Working with Columns After you've defined a table, you can reference its columns using the .columns attribute or you can just use .c:
# Accessing columns
>>> user_table.c.name
Column('name', String(length=25), table=<users>, nullable=False)
>>> user_table.c.email
Column('email', String(length=255), table=<users>, nullable=False)
# Get all column names
print(user_table.c.keys()) # ['id', 'name', 'email']
referencing columns when building queries:
from sqlalchemy import select
# Build a SELECT query
stmt = select(user_table).where(user_table.c.name == "john")
# Execute it
with engine.connect() as conn:
result = conn.execute(stmt)
for row in result:
print(row)
The with statement here is a context manager. When you do with engine.connect() as conn, it grabs a connection from the pool and assigns it to conn. When the block exits (either normally or because of an error), the connection automatically gets returned to the pool. You don't have to manually close it.

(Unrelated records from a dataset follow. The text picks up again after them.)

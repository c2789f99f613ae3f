// One bench of a plan, and a fresh start.
ghost use Rattle.std.specs.Prelude.{◌≡◌};
ghost use Rattle.model.specs.Sheets.{own_sheet, fresh};
ghost use Rattle.model.specs.Calls.{change_at};
ghost use Rattle.plan.specs.Models.{model};
ghost use Rattle.plan.specs.Readings.{BenchAt};
ghost use Rattle.plan.specs.Standing.{SameNetworks};

use crate::plan::Plan;
use model::{Bench, Place, State};
use network::{Network, Refusal};

impl<L: Network, R: Network<Over = L::Over>> Plan<L, R> {
    // The record of a bench, or 10. A side is a number: the calls take it so, and refuse one that is no side.
    pub(crate) fn bench(&self, place: Place) -> Result<Bench, Refusal>
        ensures { BenchAt (model self.now) place.side place.bench result }
    {
        let b = match place.side {
            0 => self.left.benches.get(place.bench),
            1 => self.right.benches.get(place.bench),
            _ => None,
        };
        b.ok_or(Refusal::Place)
    }

    // Puts another record in the place of a bench's, whose side is a number as above.
    pub(crate) fn put(&mut self, place: Place, row: Bench)
        ensures networks { SameNetworks self.old self.new }
        ensures plan { model self.new ≡ change_at (model self.old) place.side place.bench (λ _. row) }
    {
        match place.side {
            0 => self.left.benches.put(place.bench, row),
            1 => self.right.benches.put(place.bench, row),
            _ => (),
        }
    }

    // Every start at its ceiling, and the plan open.
    pub(crate) fn restart(&mut self)
        ensures networks { SameNetworks self.old self.new }
        ensures plan { model self.new ≡ fresh (own_sheet (model self.old)) }
    {
        self.left.benches.renew();
        self.right.benches.renew();
        self.state = State::Open;
    }
}
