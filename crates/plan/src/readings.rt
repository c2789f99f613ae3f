// Readings, which change nothing.
ghost use Rattle.std.specs.Prelude.{◌≡◌};
ghost use Rattle.model.specs.Plans.{slack};
ghost use Rattle.plan.specs.Models.{model};
ghost use Rattle.plan.specs.Readings.{Windowed, Started};

use crate::plan::Plan;
use model::{Place, State, Window};
use network::{Network, Refusal};

impl<L: Network, R: Network<Over = L::Over>> Plan<L, R> {
    pub fn state(&self) -> State
        ensures { result ≡ (model self.now).state }
    {
        self.state
    }

    // The sum over all benches of start minus floor, 0 for an impossible plan.
    pub fn slack(&self) -> i64
        ensures { result ≡ slack (model self.now) }
    {
        match self.state {
            State::Impossible => 0,
            State::Open | State::InStep => self.left.benches.spare() + self.right.benches.spare(),
        }
    }

    // The window of a bench: 10.
    pub fn window(&self, place: Place) -> Result<Window, Refusal>
        ensures { Windowed (model self.now) place.side place.bench result }
    {
        self.bench(place).map(Window::from)
    }

    // Writes the starts of a plan in step: 12, 14.
    pub fn starts(&self, lefts: &mut [i32], rights: &mut [i32]) -> Result<(), Refusal>
        ensures { Started (model self.now) lefts.old rights.old lefts.new rights.new result }
    {
        if lefts.len() != self.left.benches.count() || rights.len() != self.right.benches.count() {
            return Err(Refusal::Lengths);
        }
        if self.state != State::InStep {
            return Err(Refusal::NotInStep);
        }
        self.left.benches.starts(lefts)?;
        self.right.benches.starts(rights)
    }
}
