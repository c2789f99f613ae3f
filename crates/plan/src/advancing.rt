// Granted rounds.
ghost use Rattle.std.specs.Prelude.{◌≡◌, ◌+◌, ◌-◌, ◌^◌, ◌<◌, MatchBool, ◌≢◌};
ghost use Rattle.model.specs.Calls.{Advanced};
ghost use Rattle.plan.specs.Models.{model};
ghost use Rattle.plan.specs.Advances.{AfterEveryRun};
ghost use Rattle.plan.specs.Standing.{SameNetworks};

use crate::plan::Plan;
use model::State;
use network::Network;

impl<L: Network, R: Network<Over = L::Over>> Plan<L, R> {
    // Makes rounds until a verdict falls, at most `grant`. The state, and how many were made. By a rule of the project a loop that
    // breaks with both, and not a `for` over the grant.
    pub fn advance(&mut self, grant: u64) -> (State, u64)
        ensures networks { SameNetworks self.old self.new }
        ensures advanced { Advanced (model self.old) grant result.0 result.1 (model self.new) }
        ensures foretold { AfterEveryRun L.Over.Scale.algebra (model self.old) grant result.0 result.1 (model self.new) }
    {
        let mut made = 0;
        'rounds: loop {
            if is_used(made, grant) {
                break (self.state, made);
            }
            match self.state {
                State::Open => self.round(),
                decided => break (decided, made),
            }
            made = one_more(made);
        }
    }
}

// Whether all granted rounds are made.
fn is_used(made: u64, grant: u64) -> bool
    ensures { MatchBool result (made ≡ grant) (made ≢ grant) }
{
    made == grant
}

fn one_more(made: u64) -> u64
    requires { made < 2 ^ 64 - 1 }
    ensures { result ≡ made + 1 }
{
    made + 1
}
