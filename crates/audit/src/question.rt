//! What may be asked of a claim and a capture.
//!
//! A [`Question`] says what its second input is, what its report is and what its outcome shows. It
//! finds what there is to be told once, and tells it in any style. Each stands in a module of its
//! own, here and in `specs/`. A [`Request`] is any of those without a second input.

ghost use Rattle.std.specs.Prelude.{◌≡◌, None, IfOk, IfErr};
ghost use Rattle.audit.specs.Common.{IsWritable, Style, Plain};
ghost use Rattle.audit.specs.Evidence.{EvidenceData, IsLawfulEvidence, evidence_data};
ghost use Rattle.audit.specs.Finding.{IsFindingOf};
ghost use Rattle.audit.specs.Question.{Finding as FindingData, QuestionData, asked_of};
ghost use Rattle.audit.specs.Report.{IsUnfound, Tells, inputs_data};
ghost use Rattle.audit.specs.Request.{IsFoundFor, finding_in, question_of};

mod at;
mod by_covers;
mod check;
mod envelope;
mod find;
mod find_refutation;
pub(crate) mod order;
mod reading;
mod readings;
mod readings_by_covers;
mod refute;
mod samples;
mod settle;

use crate::evidence::Evidence;
pub use crate::question::at::At;
pub use crate::question::by_covers::AtByCovers;
use crate::question::by_covers::HullOver;
pub use crate::question::check::Check;
use crate::question::envelope::EnvelopeFinding;
pub use crate::question::find::Find;
pub use crate::question::order::{OrderAfter, OrderWithin};
pub use crate::question::reading::AtReading;
pub use crate::question::readings::Readings;
pub use crate::question::readings_by_covers::ReadingsByCovers;
pub use crate::question::refute::Refute;
pub use crate::question::settle::Settle;
use crate::question::settle::Settlement;
use crate::second::SecondInput;
use byte_stream::Sink;
use envelope_text::EnvelopeOptions;
use finder::Found;
use line_writer::Style;
use report::{Outcome, RunFault};
use std::alloc::Global;

/// What is asked of a claim and a capture.
pub trait Question: Copy {
    /// The second input: a certificate, a refutation, readings, or `()`.
    type Second: SecondInput;

    /// What is found of the inputs before any of it is told: `()` if a text is all that is made.
    type Finding: Drop;

    /// Its report on a second input and evidence, and what its outcome shows of inputs.
    ghost asks: { Self → QuestionData };

    /// What its report is on.
    ghost finding: { Self.Finding → FindingData };

    /// This is what it finds of its second input and evidence, and enough for a text in a style.
    ghost IsFound: { Self → Style → Self.Second → EvidenceData → Self.Finding → Type 0 };

    /// Finds what is to be told in this style, and for a program.
    fn find(
        self,
        alloc: Global,
        style: Style,
        second: &Self::Second,
        evidence: &Evidence,
    ) -> Result<Self::Finding, RunFault>
        requires second { Self.Second.IsLawful second.now }
        requires evidence { IsLawfulEvidence evidence.now }
        ensures found { IfOk result (λ found.
            IsFindingOf (evidence_data evidence.now) (finding found)) }
        ensures in_style { IfOk result (IsFound self style second.now
            (evidence_data evidence.now)) }
        ensures for_a_program { IfOk result (IsFound self Plain second.now
            (evidence_data evidence.now)) }
        ensures fault { IfErr result (IsUnfound (asks self) (inputs_data
            (Self.Second.said second.now) (evidence_data evidence.now))) };

    /// Writes the text of what was found in this style, once all memory for it is taken, and
    /// finishes the sink.
    fn tell<S: Sink>(
        self,
        alloc: Global,
        style: Style,
        second: &Self::Second,
        evidence: &Evidence,
        found: &Self::Finding,
        out: &mut S,
    ) -> Result<Outcome, RunFault>
        requires second { Self.Second.IsLawful second.now }
        requires evidence { IsLawfulEvidence evidence.now }
        requires finding { IsFindingOf (evidence_data evidence.now) (finding found.now) }
        requires found { IsFound self style second.now (evidence_data evidence.now) found.now }
        requires out { IsWritable (S.state out.old) }
        ensures { Tells (asked_of (asks self) Self.Second.kind style)
            ((asks self).report style (finding found.now)
            (Self.Second.said second.now) (evidence_data evidence.now))
            (inputs_data (Self.Second.said second.now) (evidence_data evidence.now))
            (S.state out.old) (S.state out.new) result };
}

/// A question without a second input.
#[derive(Clone, Copy, Debug)]
pub enum Request {
    /// What does each exchange say about the clock?
    Samples,
    /// What does each server say about the clock at a moment?
    At(At),
    /// What does each server say about the clock while it shows a reading, and when was that?
    Reading(AtReading),
    /// How far off may the clock have been while it showed a reading, by covers, and when was that?
    ByCovers(AtByCovers),
    /// Is the claim shown, refuted, fitted by no course of events, or does it stay open? Nothing is
    /// told about the inputs.
    Settle,
    /// Is there a certificate with pieces of one length?
    Find(Find),
    /// Is there a refutation of the claim?
    FindRefutation,
    /// How far off may the clock have been, piece by piece?
    Envelope(EnvelopeOptions),
    /// Which was first, a reading of another clock or one of this clock?
    OrderAfter(OrderAfter),
    /// Which of two readings of this clock was first?
    OrderWithin(OrderWithin),
}

/// What is found for a request.
#[derive(Drop)]
pub enum RequestFinding {
    /// Nothing was looked for.
    Nothing,
    /// What settles the claim.
    Settlement(Settlement),
    /// What was found in pieces of one length.
    Search(Found),
    /// The hulls.
    Envelope(EnvelopeFinding),
    /// The hull over a reading.
    Over(HullOver),
}

impl Question for Request {
    type Second = ();

    type Finding = RequestFinding;

    ghost asks = { question_of };

    ghost finding = { finding_in };

    ghost IsFound = { λ asked style _. IsFoundFor asked style };

    fn find(
        self,
        alloc: Global,
        style: Style,
        second: &(),
        evidence: &Evidence,
    ) -> Result<RequestFinding, RunFault> {
        let unnamed = Settle { about: &[] };
        match self {
            Request::Settle => {
                let found = unnamed.find(alloc, style, second, evidence)?;
                Ok(RequestFinding::Settlement(found))
            }
            Request::Find(find) => {
                let found = find.find(alloc, style, second, evidence)?;
                Ok(RequestFinding::Search(found))
            }
            Request::Envelope(envelope) => {
                let found = envelope.find(alloc, style, second, evidence)?;
                Ok(RequestFinding::Envelope(found))
            }
            Request::ByCovers(asked) => {
                let found = asked.find(alloc, style, second, evidence)?;
                Ok(RequestFinding::Over(found))
            }
            _ => Ok(RequestFinding::Nothing),
        }
    }

    fn tell<S: Sink>(
        self,
        alloc: Global,
        style: Style,
        second: &(),
        evidence: &Evidence,
        found: &RequestFinding,
        out: &mut S,
    ) -> Result<Outcome, RunFault> {
        let unnamed = Settle { about: &[] };
        match (self, found) {
            (Request::Samples, _) => samples::tell(alloc, style, evidence, out),
            (Request::At(asked), _) => at::tell(alloc, asked, style, evidence, out),
            (Request::Reading(asked), _) => reading::tell(alloc, asked, style, evidence, out),
            (Request::FindRefutation, _) => find_refutation::tell(alloc, style, evidence, out),
            (Request::OrderAfter(asked), _) => {
                order::tell_after(alloc, asked, style, evidence, out)
            }
            (Request::OrderWithin(asked), _) => {
                order::tell_within(alloc, asked, style, evidence, out)
            }
            (Request::Settle, RequestFinding::Settlement(found)) => {
                unnamed.tell(alloc, style, second, evidence, found, out)
            }
            (Request::Find(find), RequestFinding::Search(found)) => {
                find.tell(alloc, style, second, evidence, found, out)
            }
            (Request::Envelope(envelope), RequestFinding::Envelope(found)) => {
                envelope.tell(alloc, style, second, evidence, found, out)
            }
            (Request::ByCovers(asked), RequestFinding::Over(found)) => {
                asked.tell(alloc, style, second, evidence, found, out)
            }
            _ => unreachable!(),
        }
    }
}
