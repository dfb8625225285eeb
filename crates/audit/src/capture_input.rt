//! The reading of a capture.

ghost use Rattle.std.specs.Prelude.{◌≡◌, ◌⊎◌, IfOk, IfErr, IfSome, length, Err};
ghost use Rattle.audit.specs.Common.{CountsFault, TakesAtMost, IsReadable, most_taken, data_of, AreLawful, compact_data, Reads, is_capture, is_device, HasLawfulHeader};
ghost use Rattle.audit.specs.CaptureInput.{IsOfCapture, capture_read, pair_run_fault_of};

use byte_stream::Feed;
use claim_file::Claim;
use pairing::{CompactCollection, PairFault, collect_compact};
use pcap_reader::Capture;
use report::RunFault;
use std::alloc::Global;
use std::hash::BuildHasher;

/// What a run answers if exchanges can't be collected for this reason.
fn run_fault_of(fault: PairFault) -> RunFault
    ensures { result ≡ pair_run_fault_of fault }
{
    match fault {
        PairFault::Capture(fault) => RunFault::from(fault),
        PairFault::TooManyExchanges => RunFault::Exchanges,
        PairFault::Memory => RunFault::Memory,
    }
}

/// Collects the exchanges of a capture under a claim. The feed is handed back beside them.
///
/// `Capture` comes if it isn't a capture or ends too early, `Exchanges` if it has over 1,000,000 of
/// them, `Device` if the feed failed. `Memory` comes before the first byte is taken, or if the
/// capture begins with a lawful header. The hash of the index of requests is keyed by two numbers
/// of `hasher`: callers that don't trust the capture's writer should pass one with a random key.
#[tactic(auto, using(crate::proofs::Capture::capture_refused))]
pub(crate) fn read_capture_from<F: Feed, H: BuildHasher + Drop>(
    alloc: Global,
    feed: F,
    claim: &Claim,
    hasher: H,
) -> (F, Result<CompactCollection, RunFault>)
    requires feed { IsReadable (F.state feed) }
    ensures known { IfSome (F.state feed).remaining (λ bytes.
        Reads compact_data (capture_read (data_of claim.now) bytes) result.1) }
    ensures lawful { IfOk result.1 (λ held.
        AreLawful (length claim.now.servers.items) (compact_data held).exchanges) }
    ensures fault { IfErr result.1 IsOfCapture }
    ensures counts_fault { CountsFault (is_device is_capture result.1)
        (F.state feed).faults (F.state result.0).faults }
    ensures at_most { TakesAtMost most_taken
        (F.state feed) (F.state result.0) }
    ensures memory { result.1 ≡ Err RunFault.Memory →
        (result.0 ≡ feed) ⊎ HasLawfulHeader (F.state feed).remaining }
{
    match Capture::begin(alloc, feed) {
        Ok(mut source) => {
            let collected = collect_compact(alloc, &mut source, claim, hasher);
            let feed = source.into_feed();
            match collected {
                Ok(held) => (feed, Ok(held)),
                Err(fault) => (feed, Err(run_fault_of(fault))),
            }
        }
        Err((feed, fault)) => (feed, Err(RunFault::from(fault))),
    }
}
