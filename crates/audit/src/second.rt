//! The second input of a question: none, a certificate of either form, a refutation or readings.

ghost use Rattle.std.specs.Prelude.{◌≡◌, IfOk, IfErr, IfSome};
ghost use Rattle.audit.specs.Common.{AreLawfulTimes, times_data, CountsFault, TakesAtMost, FeedState, IsReadable, IsFewOfAny, any_data, refutation_data, Reads, is_device, is_second, no_feed};
ghost use Rattle.audit.specs.Second.{IsOfSecond, SecondData, SecondKind, most_second, second_read, no_second, certificate_second, refutation_second, times_second, nothing_said, certificate_said, refutation_said, times_said};

use byte_stream::Feed;
use certificate::Refutation;
use cover_certificate::AnyCertificate;
use reading_time::Times;
use report::{RunFault, read_certificate_from, read_refutation_from, read_times_from};
use std::alloc::Global;

/// What a second input says. A question without one has nothing, `()`.
pub trait SecondInput: Drop {
    /// Which input it is.
    ghost kind: { SecondKind };

    /// What it says.
    ghost said: { Self → SecondData };

    /// It keeps its limits.
    ghost IsLawful: { Self → Type 0 };
}

impl SecondInput for () {
    ghost kind = { no_second };

    ghost said = { λ _. nothing_said };

    ghost IsLawful = { λ _. Unit {0} };
}

impl SecondInput for AnyCertificate {
    ghost kind = { certificate_second };

    ghost said = { λ certificate. certificate_said (any_data certificate) };

    ghost IsLawful = { λ certificate. IsFewOfAny (any_data certificate) };
}

impl SecondInput for Refutation {
    ghost kind = { refutation_second };

    ghost said = { λ refutation. refutation_said (refutation_data refutation) };

    ghost IsLawful = { λ _. Unit {0} };
}

impl SecondInput for Times {
    ghost kind = { times_second };

    ghost said = { λ times. times_said (times_data times) };

    ghost IsLawful = { AreLawfulTimes };
}

/// Where a second input comes from: a feed, or `()` if there is none.
pub trait SecondSource<V: SecondInput> {
    /// The feed's state: if there is none, that of a feed without a byte.
    ghost state: { Self → FeedState };

    /// Reads the second input. The faults are those of that input, and come as its reader has them.
    fn read_second(&mut self, alloc: Global) -> Result<V, RunFault>
        requires { IsReadable (state self.old) }
        ensures known { IfSome (second_read V.kind (state self.old).remaining)
            (λ expected. Reads V.said expected result) }
        ensures lawful { IfOk result V.IsLawful }
        ensures fault { IfErr result IsOfSecond }
        ensures counts_fault { CountsFault (is_device is_second result)
            (state self.old).faults (state self.new).faults }
        ensures at_most { TakesAtMost (most_second V.kind result)
            (state self.old) (state self.new) };
}

impl SecondSource<()> for () {
    ghost state = { λ _. no_feed };

    fn read_second(&mut self, _alloc: Global) -> Result<(), RunFault> {
        Ok(())
    }
}

impl<T: Feed> SecondSource<AnyCertificate> for T {
    ghost state = { T.state };

    fn read_second(&mut self, alloc: Global) -> Result<AnyCertificate, RunFault> {
        read_certificate_from(alloc, self)
    }
}

impl<T: Feed> SecondSource<Refutation> for T {
    ghost state = { T.state };

    fn read_second(&mut self, alloc: Global) -> Result<Refutation, RunFault> {
        read_refutation_from(alloc, self)
    }
}

impl<T: Feed> SecondSource<Times> for T {
    ghost state = { T.state };

    fn read_second(&mut self, alloc: Global) -> Result<Times, RunFault> {
        read_times_from(alloc, self)
    }
}
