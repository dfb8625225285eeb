//! What a capture shows of a claim: one engine for every question.
//!
//! [`run`] reads the claim, then the question's second input if it has one, and then the capture,
//! and writes its text, which is made whole before or, if it's the samples for a program, line by
//! line as it goes out; [`run_twice`] tells what was found for a program and then in another style;
//! [`answer`] does as `run` and reports the answer by an exit status; [`read_when`] reads when a
//! clock showed a reading, to be put in order with one of another. What may
//! be asked is a [`Question`], a small module for each command in `question` and in `specs/`, and
//! a text has a style, for a program or for a person; how it is shown is said by audit_text.
//! `specs/Run` says what a run needs and promises, `specs/Report` what it writes, and
//! `specs/Question` what a question is. [`answer_check`] is the theorem. [`run_samples`],
//! [`run_at`], [`run_check`], [`run_find`], [`run_refute`] and [`run_seek`] are the engines of some
//! commands, for a program, with a hasher of a fixed key.
//!
//! A run on feeds, as `run` of `worked_examples/src/engines/trial.rt`, which the gate runs:
//!
//! ```text
//! Command::Ask(request) => {
//!     audit::run(alloc, request, style, first, none, capture, out, hasher)
//! }
//! ```

#![tactic(auto)]

mod capture_input;
mod commands;
mod engine;
mod evidence;
pub mod laws;
mod least_line;
mod question;
mod sample_list;
mod sample_output;
mod second;
mod whole_text;

pub use commands::{answer_check, run_at, run_check, run_find, run_refute, run_samples, run_seek};
pub use engine::{Outputs, answer, read_when, run, run_twice};
pub use envelope_text::{EnvelopeOptions, PLAIN_ENVELOPE, Step};
pub use evidence::Evidence;
pub use line_writer::Style;
pub use question::{
    At, AtByCovers, AtReading, Check, Find, OrderAfter, OrderWithin, Question, Readings,
    ReadingsByCovers, Refute, Request, RequestFinding, Settle,
};
pub use second::{SecondInput, SecondSource};
pub use true_time::When;
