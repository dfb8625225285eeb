//! The samples on their way out, line by line.

ghost use Rattle.std.specs.Prelude.{◌≡◌, ◌≤◌, Ok, vec_capacity};
ghost use Rattle.audit.specs.Common.{IsWritable, IsReady, fresh_output, Publishes, PutsReady, output_state, sink_name};
ghost use Rattle.report.specs.declared.output.TheConstants.{OUTPUT_CAPACITY};
ghost use Rattle.audit.specs.Evidence.{IsLawfulEvidence, evidence_data};
ghost use Rattle.audit.specs.Samples.{samples_ready};

use crate::evidence::Evidence;
use audit_text::{write_counts_line, write_sample_line};
use byte_stream::Sink;
use line_writer::Line;
use pairing::ToExchange;
use report::{Outcome, Output, RunFault};

/// Puts the line of each sample, and the line of counts.
fn put_samples<S: Sink>(out: &mut Output<'_, S>, evidence: &Evidence) -> Result<Outcome, RunFault>
    requires lawful { IsLawfulEvidence evidence.now }
    requires ready { IsReady (output_state S.state out.old) }
    requires nothing_put { output_state S.state out.old
        ≡ fresh_output (output_state S.state out.old).sink }
    ensures same_sink { sink_name out.new ≡ sink_name out.old }
    ensures puts { PutsReady (samples_ready (evidence_data evidence.now))
        (output_state S.state out.old).sink (output_state S.state out.new) result }
{
    let mut line = Line::new();
    for (number, held) in evidence.held.exchanges.iter().enumerate() {
        write_sample_line(
            &mut line,
            &evidence.claim,
            number as u32,
            &held.to_exchange(),
        );
        if let Err(fault) = out.put(line.as_bytes()) {
            return Err(fault);
        }
    }
    write_counts_line(&mut line, &evidence.held);
    match out.put(line.as_bytes()) {
        Ok(()) => Ok(Outcome::Yes),
        Err(fault) => Err(fault),
    }
}

/// Writes the samples for a program and finishes the sink, gathering in this buffer. It takes no
/// memory.
///
/// `Write(n)` comes if the sink failed after exactly n bytes of the text; n is the whole length if
/// only `finish` failed.
pub(crate) fn publish_samples<S: Sink>(
    out: &mut S,
    evidence: &Evidence,
    buffer: &mut Vec<u8>,
) -> Result<Outcome, RunFault>
    requires writable { IsWritable (S.state out.old) }
    requires lawful { IsLawfulEvidence evidence.now }
    requires capacity { OUTPUT_CAPACITY ≤ vec_capacity buffer.old }
    ensures { Publishes (S.state out.old) (S.state out.new)
        (Ok (samples_ready (evidence_data evidence.now))) result }
{
    let mut output = Output::new(out, buffer);
    let ran = put_samples(&mut output, evidence);
    output.close(ran)
}
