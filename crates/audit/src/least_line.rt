//! The line of the least bound that a certificate carries.

ghost use Rattle.std.specs.Prelude.{◌≡◌, ◌≤◌, Some, IfOk, IfSome, is_some};
ghost use Rattle.audit.specs.Common.{max_pieces, data_of, count_of};
ghost use Rattle.audit.specs.Evidence.{IsLawfulEvidence, evidence_data};
ghost use Rattle.audit.specs.Least.{IsLeastBoundOf, least_line_of};

use crate::evidence::Evidence;
use crate::sample_list::samples_of;
use envelope_text::{LeastLine, Step};
use feasibility::conflicts_of;
use finder::laws::{courses_leave_no_hull_empty, pieces_hold_their_ticks};
use finder::{LeastCarried, least_bound, piece_holding};
use std::alloc::{AllocError, Global};

/// The least bound that a certificate carries, if it is asked for: only then is it looked for, and
/// first where the exchanges' conflicts leave the tick that needs most.
pub(crate) fn least_if(
    alloc: Global,
    asked: bool,
    evidence: &Evidence,
) -> Result<Option<Option<LeastCarried>>, AllocError>
    requires { IsLawfulEvidence evidence.now }
    ensures least { IfOk result (λ least.
        IfSome least (IsLeastBoundOf (evidence_data evidence.now))) }
    ensures asked { IfOk result (λ least. is_some least ≡ asked) }
{
    if !asked {
        return Ok(None);
    }
    courses_leave_no_hull_empty();
    let claim = &evidence.claim;
    let conflicts = conflicts_of(alloc, evidence.held.exchanges.as_slice(), claim)?;
    let covers = conflicts.covers(claim.false_max);
    let found = least_bound(alloc, samples_of(evidence), claim, covers.as_slice())?;
    Ok(Some(found))
}

/// The line, if a bound was looked for, with the number of the piece that holds its tick. There are
/// at most 100,000 pieces of this length.
pub(crate) fn line_on(
    step: Step,
    evidence: &Evidence,
    least: Option<Option<LeastCarried>>,
) -> LeastLine
    requires evidence { IsLawfulEvidence evidence.now }
    requires few { count_of (data_of evidence.now.claim) step.seconds ≤ max_pieces }
    requires least { IfSome least (IsLeastBoundOf (evidence_data evidence.now)) }
    ensures { least_line_of (data_of evidence.now.claim) step.seconds (is_some least) least
        ≡ Some result }
{
    pieces_hold_their_ticks();
    match least {
        Some(Some(least)) => LeastLine::Holds {
            bound_ns: least.bound_ns,
            piece: piece_holding(&evidence.claim, step.seconds, least.tick) as u32,
        },
        Some(None) => LeastLine::NoneHolds,
        None => LeastLine::NotAsked,
    }
}
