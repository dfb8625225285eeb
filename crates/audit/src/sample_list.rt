//! The samples of exchanges.

ghost use Rattle.std.specs.Prelude.{◌≡◌, ◌≤◌, length};
ghost use Rattle.audit.specs.Common.{data_of, AreSamplesOf};
ghost use Rattle.audit.specs.Evidence.{IsLawfulEvidence, evidence_data, samples_in};

use crate::evidence::Evidence;
use finder::exchange_samples;
use pairing::CompactExchange;
use sample_interval::{ExchangeSamples, SampleSource};

/// The samples of the exchanges, in their order, with the claimed allowance.
pub(crate) fn samples_of<'a>(evidence: &'a Evidence) -> ExchangeSamples<'a, CompactExchange>
    requires { IsLawfulEvidence evidence.now }
    ensures samples { ⟦<ExchangeSamples<'a, CompactExchange> as SampleSource>⟧.samples result
        ≡ samples_in (evidence_data evidence.now) }
    ensures of_claim { AreSamplesOf (data_of evidence.now.claim)
        (samples_in (evidence_data evidence.now)) }
    ensures few { length (samples_in (evidence_data evidence.now)) ≤ 1_000_000 }
{
    exchange_samples(&evidence.held.exchanges, &evidence.claim)
}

This is something you'll use most of the time when working with connections.
now, the example above uses engine.connect(), which is called "commit as you go" - you need to explicitly commit any changes:
from sqlalchemy import insert
with engine.connect() as conn:
stmt = insert(user_table).values(name="john", email="john@example.com")
conn.execute(stmt)
conn.commit() # You have to call commit explicitly
There's another way using engine.begin(), which automatically commits when the block exits (or rolls back if there's an error):
with engine.begin() as conn:
stmt = insert(user_table).values(name="john", email="john@example.com")
conn.execute(stmt)
# Automatically commits here when the block exits
Using MetaData with Alembic
When you use Alembic for database schema migrations, you need to tell it about your MetaData object. In your alembic/env.py file, you'll do something like this:
from myapp.models import metadata #or whereever you created your metadata object
Point Alembic to your metadata
target_metadata = metadata
If you're using the ORM, it's the same idea, just with Base.metadata:
from myapp.models import Base
target_metadata = Base.metadata
The MetaData object is what Alembic uses to understand your schema. This is why having all your tables registered in one MetaData (or one ORM Base) is so important. I actually talked a little but about this in another blog if you are interested.
Conclusion
Every application using SQLAlchemy needs an engine to manage database connections. Whether you use Core or ORM, you always start with an engine. The MetaData object is the registry for your table schemas. In Core, you create the metadata instance yourself. In ORM, it's created for you via Base.metadata.
As I said starting the article, the choice between Core and ORM depends on your preference and how you want your application to be. but, I think starting with Core and getting comfortable with it before moving to ORM can help you avoid the magic you might feel from time to time when you jump straight into using the ORM. With that said there is nothing wrong with jumping straight to using the orm api. Both are valid and even better, you can mix both in the same application.